• **Task prompt**
Please restate exactly the lines of the data below, beginning with the line containing "#[tactic(auto, unfolding(crate::specs::Rewrite::rewritten))]" and ending with the last line.

·····

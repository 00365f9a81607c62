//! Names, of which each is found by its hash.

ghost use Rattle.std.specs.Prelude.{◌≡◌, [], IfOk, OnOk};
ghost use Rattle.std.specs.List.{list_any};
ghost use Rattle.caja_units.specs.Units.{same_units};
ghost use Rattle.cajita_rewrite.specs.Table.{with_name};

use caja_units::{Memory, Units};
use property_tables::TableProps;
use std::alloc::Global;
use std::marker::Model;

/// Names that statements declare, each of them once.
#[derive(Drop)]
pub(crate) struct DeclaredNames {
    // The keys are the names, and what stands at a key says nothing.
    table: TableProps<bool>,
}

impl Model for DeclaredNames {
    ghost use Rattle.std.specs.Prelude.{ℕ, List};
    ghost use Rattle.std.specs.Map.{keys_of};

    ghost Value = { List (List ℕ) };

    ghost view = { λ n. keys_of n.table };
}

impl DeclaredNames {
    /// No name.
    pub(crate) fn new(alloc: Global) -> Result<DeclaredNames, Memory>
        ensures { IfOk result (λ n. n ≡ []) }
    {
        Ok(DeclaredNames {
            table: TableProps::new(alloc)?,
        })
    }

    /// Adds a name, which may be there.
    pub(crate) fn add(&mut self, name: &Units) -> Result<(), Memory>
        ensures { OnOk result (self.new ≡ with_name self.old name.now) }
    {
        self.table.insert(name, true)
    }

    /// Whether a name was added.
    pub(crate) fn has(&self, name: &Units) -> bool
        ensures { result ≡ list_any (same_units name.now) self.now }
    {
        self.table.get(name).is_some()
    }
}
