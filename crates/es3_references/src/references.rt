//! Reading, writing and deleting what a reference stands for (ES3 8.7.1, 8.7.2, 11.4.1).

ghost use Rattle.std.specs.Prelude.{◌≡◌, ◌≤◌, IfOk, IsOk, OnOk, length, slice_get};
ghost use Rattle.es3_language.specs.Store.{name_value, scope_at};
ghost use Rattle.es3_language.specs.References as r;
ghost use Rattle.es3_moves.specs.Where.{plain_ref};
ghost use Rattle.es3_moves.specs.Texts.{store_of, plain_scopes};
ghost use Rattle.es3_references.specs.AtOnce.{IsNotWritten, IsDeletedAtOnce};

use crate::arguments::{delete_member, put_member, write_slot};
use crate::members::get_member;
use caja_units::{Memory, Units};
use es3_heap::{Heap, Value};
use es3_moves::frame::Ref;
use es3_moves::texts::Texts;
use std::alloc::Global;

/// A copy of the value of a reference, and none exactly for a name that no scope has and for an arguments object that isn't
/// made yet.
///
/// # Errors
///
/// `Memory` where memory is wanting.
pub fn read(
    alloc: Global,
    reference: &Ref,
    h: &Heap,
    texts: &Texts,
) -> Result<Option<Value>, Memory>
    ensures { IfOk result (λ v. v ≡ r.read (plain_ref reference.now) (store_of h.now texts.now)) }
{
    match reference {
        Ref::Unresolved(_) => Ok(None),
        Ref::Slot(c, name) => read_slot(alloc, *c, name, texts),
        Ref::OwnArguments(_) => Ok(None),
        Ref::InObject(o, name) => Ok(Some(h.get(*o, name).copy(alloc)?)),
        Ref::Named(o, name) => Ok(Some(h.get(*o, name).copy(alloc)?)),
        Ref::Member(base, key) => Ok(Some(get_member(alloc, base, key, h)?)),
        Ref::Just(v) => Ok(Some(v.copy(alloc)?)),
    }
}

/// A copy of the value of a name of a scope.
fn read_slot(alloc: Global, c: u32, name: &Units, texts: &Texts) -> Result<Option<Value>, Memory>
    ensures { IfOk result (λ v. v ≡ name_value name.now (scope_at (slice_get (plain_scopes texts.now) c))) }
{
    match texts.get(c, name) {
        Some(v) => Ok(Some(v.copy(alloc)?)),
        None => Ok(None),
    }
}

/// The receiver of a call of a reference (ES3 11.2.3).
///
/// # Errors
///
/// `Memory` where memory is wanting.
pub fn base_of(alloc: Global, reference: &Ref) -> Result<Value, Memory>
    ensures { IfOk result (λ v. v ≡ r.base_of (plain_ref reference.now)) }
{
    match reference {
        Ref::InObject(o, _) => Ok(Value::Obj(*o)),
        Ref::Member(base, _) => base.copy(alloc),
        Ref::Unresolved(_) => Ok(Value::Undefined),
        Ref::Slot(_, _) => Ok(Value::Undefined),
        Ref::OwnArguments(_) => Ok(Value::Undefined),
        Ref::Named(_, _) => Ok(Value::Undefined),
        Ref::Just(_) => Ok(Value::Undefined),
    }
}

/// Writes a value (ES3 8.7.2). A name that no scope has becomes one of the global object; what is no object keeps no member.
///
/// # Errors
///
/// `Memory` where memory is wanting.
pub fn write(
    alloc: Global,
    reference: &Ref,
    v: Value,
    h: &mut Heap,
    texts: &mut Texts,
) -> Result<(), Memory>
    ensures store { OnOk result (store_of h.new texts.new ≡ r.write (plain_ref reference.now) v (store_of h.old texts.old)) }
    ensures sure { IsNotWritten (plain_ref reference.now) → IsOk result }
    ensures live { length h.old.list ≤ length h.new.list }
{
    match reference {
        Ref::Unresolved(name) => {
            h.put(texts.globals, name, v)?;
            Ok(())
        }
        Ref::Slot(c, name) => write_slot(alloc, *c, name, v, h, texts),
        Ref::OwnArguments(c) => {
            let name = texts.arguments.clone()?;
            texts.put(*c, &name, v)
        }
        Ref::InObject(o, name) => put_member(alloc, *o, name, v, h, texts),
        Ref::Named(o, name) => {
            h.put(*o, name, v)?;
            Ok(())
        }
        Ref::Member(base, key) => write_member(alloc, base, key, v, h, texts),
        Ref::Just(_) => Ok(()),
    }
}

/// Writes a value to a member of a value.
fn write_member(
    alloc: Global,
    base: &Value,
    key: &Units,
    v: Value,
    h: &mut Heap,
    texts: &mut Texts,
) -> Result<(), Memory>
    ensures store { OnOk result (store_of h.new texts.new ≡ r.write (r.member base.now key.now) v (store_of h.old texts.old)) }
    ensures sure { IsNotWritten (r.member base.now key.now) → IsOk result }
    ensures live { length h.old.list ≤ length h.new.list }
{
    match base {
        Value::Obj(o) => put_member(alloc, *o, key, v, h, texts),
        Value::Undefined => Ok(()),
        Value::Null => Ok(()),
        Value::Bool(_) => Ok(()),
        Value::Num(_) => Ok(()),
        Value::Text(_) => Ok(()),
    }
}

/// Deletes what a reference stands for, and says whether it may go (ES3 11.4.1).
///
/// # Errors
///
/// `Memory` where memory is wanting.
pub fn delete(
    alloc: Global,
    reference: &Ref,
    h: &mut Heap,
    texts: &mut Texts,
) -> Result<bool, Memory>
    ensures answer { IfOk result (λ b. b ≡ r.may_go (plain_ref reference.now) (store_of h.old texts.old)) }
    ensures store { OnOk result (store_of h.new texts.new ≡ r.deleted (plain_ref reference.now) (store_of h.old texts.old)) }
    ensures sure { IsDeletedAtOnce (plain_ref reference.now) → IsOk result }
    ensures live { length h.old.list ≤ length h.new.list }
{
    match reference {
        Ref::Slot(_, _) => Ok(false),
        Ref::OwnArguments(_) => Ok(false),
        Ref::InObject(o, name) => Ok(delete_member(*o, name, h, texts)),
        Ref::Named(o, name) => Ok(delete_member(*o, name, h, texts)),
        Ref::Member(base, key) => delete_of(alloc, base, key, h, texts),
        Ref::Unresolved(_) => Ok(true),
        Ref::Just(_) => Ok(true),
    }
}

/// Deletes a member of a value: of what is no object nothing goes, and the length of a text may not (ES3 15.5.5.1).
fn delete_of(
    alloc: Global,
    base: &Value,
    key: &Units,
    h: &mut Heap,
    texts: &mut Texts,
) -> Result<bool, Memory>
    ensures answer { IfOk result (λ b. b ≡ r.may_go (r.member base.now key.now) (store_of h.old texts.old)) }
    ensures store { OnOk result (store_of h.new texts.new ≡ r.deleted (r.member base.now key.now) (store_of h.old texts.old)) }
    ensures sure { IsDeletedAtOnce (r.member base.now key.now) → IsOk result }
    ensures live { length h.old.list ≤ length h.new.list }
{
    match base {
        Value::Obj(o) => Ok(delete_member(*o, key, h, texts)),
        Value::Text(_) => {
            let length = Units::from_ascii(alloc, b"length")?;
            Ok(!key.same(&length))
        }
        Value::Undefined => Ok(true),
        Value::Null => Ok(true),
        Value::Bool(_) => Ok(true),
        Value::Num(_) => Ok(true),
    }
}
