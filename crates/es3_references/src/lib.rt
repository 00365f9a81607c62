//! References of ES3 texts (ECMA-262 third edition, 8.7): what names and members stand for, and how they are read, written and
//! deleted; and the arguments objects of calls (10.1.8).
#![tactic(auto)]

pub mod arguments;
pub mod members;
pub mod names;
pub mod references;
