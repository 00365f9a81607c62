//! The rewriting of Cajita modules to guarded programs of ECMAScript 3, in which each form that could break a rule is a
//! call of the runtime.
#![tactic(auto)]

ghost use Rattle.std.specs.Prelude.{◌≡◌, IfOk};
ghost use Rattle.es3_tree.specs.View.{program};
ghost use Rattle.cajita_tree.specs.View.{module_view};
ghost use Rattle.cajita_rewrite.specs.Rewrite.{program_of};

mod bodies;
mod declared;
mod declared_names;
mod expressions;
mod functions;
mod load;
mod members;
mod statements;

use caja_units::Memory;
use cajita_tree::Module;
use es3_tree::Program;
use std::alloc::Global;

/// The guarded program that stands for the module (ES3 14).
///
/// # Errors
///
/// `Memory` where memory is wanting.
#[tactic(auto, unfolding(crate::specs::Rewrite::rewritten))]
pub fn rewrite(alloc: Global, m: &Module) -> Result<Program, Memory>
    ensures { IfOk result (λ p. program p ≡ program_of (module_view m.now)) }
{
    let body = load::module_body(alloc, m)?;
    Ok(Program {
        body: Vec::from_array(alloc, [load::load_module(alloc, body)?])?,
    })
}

·····

• **Exercise output**
#[tactic(auto, unfolding(crate::specs::Rewrite::rewritten))]
pub fn rewrite(alloc: Global, m: &Module) -> Result<Program, Memory>
    ensures { IfOk result (λ p. program p ≡ program_of (module_view m.now)) }
{
    let body = load::module_body(alloc, m)?;
    Ok(Program {
        body: Vec::from_array(alloc, [load::load_module(alloc, body)?])?,
    })
}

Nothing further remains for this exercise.